Winning a World Series Would Mean Everything For The Texas Rangers

By Marilee Gallagher
Texas Rangers
Kevin Jairaj-USA TODAY Sports

It wasn’t that long ago that the Texas Rangers were at the top of the AL.

Behind Ron Washington, they won back-to-back pennants in 2010 and 2011 and reached the World Series both years as well. And while the opposing NL teams differed, the results were the same. The Rangers lost both series in heartbreaking fashion and subsequently lost the ace that had led them to the playoffs that very same year as well.

The losses were really defining for the Rangers, especially the second of the two. That is because with two outs in the ninth inning of the do-or-die Game 6, Texas allowed the St. Louis Cardinals to tie the game, losing it in extra innings and then go on to lose Game 7 and the championship.
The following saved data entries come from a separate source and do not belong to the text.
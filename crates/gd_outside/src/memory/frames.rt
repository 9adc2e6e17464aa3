ghost use Rattle.std.specs.Prelude.{◌≡◌, ◌+◌, ◌≤◌, [], ◌++◌, length, Some, IfOk, IfSome};
ghost use Rattle.std.specs.List.{slice_get};
ghost use Rattle.gd_outside.specs.Links.{one_try};
ghost use Rattle.gd_outside.specs.MemoryLinks.{frames_size};

use crate::memory::texts::Texts;
use std::alloc::{AllocError, Global};
use std::marker::Model;

/// Frames and the sites that they were tried for, in memory that was taken at once. Each takes its length and one more
/// of the room.
#[derive(Drop)]
pub(crate) struct Frames {
    sites: Vec<u8>,
    texts: Texts,
}

impl Model for Frames {
    ghost use Rattle.std.specs.Prelude.{◌≡◌, ◌≤◌, length, vec_capacity};
    ghost use Rattle.gd_outside.specs.LinkParts.{KeptFrames, tried_for};

    ghost Value = { KeptFrames };

    ghost view = { λ f. record
        { tried = tried_for f.sites.items f.texts.texts; room = f.texts.room } };

    ghost invariant = { λ f. (length f.sites.items ≡ length f.texts.texts)
        × (f.texts.room ≤ vec_capacity f.sites) };
}

impl Frames {
    /// No frames. Takes the memory for as many as fit into `room`.
    pub(crate) fn new(alloc: Global, room: usize) -> Result<Self, AllocError>
        ensures { IfOk result (λ frames. frames ≡ record { tried = []; room = room }) }
    {
        Ok(Frames {
            sites: Vec::with_capacity(alloc, room)?,
            texts: Texts::new(alloc, room)?,
        })
    }

    /// What the frames take of the room.
    pub(crate) fn size(&self) -> usize
        ensures size { result ≡ frames_size self.now.tried }
        ensures fits { result ≤ self.now.room }
    {
        self.texts.size()
    }

    /// The k-th frame, counted from 0, and its site. None where there are no more frames.
    pub(crate) fn get(&self, k: usize) -> Option<(u8, &[u8])>
        ensures frame { IfSome result (λ t. slice_get self.now.tried k
            ≡ Some (record { to = t.0; frame = t.1.now })) }
        ensures none { result ≡ None → length self.now.tried ≤ k }
    {
        let frame = self.texts.get(k)?;
        Some((self.sites[k], frame))
    }

    /// Puts the frame last.
    pub(crate) fn push(&mut self, to: u8, frame: &[u8])
        requires { frames_size self.old.tried + (length frame.now + 1) ≤ self.old.room }
        ensures { self.new ≡ record self.old { tried = self.old.tried ++ one_try to frame.now } }
    {
        self.sites.push(to).unwrap();
        self.texts.push(frame);
    }
}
Numb isn’t even the word to describe the feeling that went through that clubhouse. And for the team that is the oldest in MLB without a World Series title, the drought would continue at least one more year.

Entering the 2013 season, the Rangers drought sits at 52 years without a championship. They are the last team since the 1991-92 Atlanta Braves to lose consecutive World Series and are one of just two teams in MLB history to lose the championship after recording 26 of the 27 outs needed to win.

In short, the Rangers have been as close as a team could possibly be to that ultimate glory. But they have yet to experience that success, to taste that champagne and to parade down the streets in front of their cheering fans. Instead, they have watched as other teams have done just that.

For the Rangers, winning the World Series would mean everything. That is not to say that it won’t matter to any of the other teams, but for Texas, because of all of the history, especially that in recent memory, there really is so much riding on this postseason.

This could be the year for the Rangers too. They are eighth in MLB in runs scored and seventh in batting average. Their starting staff is 10th in ERA and ninth in BAA. They have a bona fide ace to turn to in Yu Darvish, who very well should get AL Cy Young considerations.

The Rangers aren’t the best team entering the playoffs but in the end, they haven’t had success as the favorites. Maybe the underdog role will suit them well.

Ultimately, Texas does have the talent and they certainly had the motivation to get this done. A lot of players on the roster are carry-overs from those two World Series teams, and I think it is obvious that these guys especially want this.

The passion is there for sure. but the play needs to follow. If it does, there is no reason to believe that the Rangers won’t be able to finally bring home the coveted championship.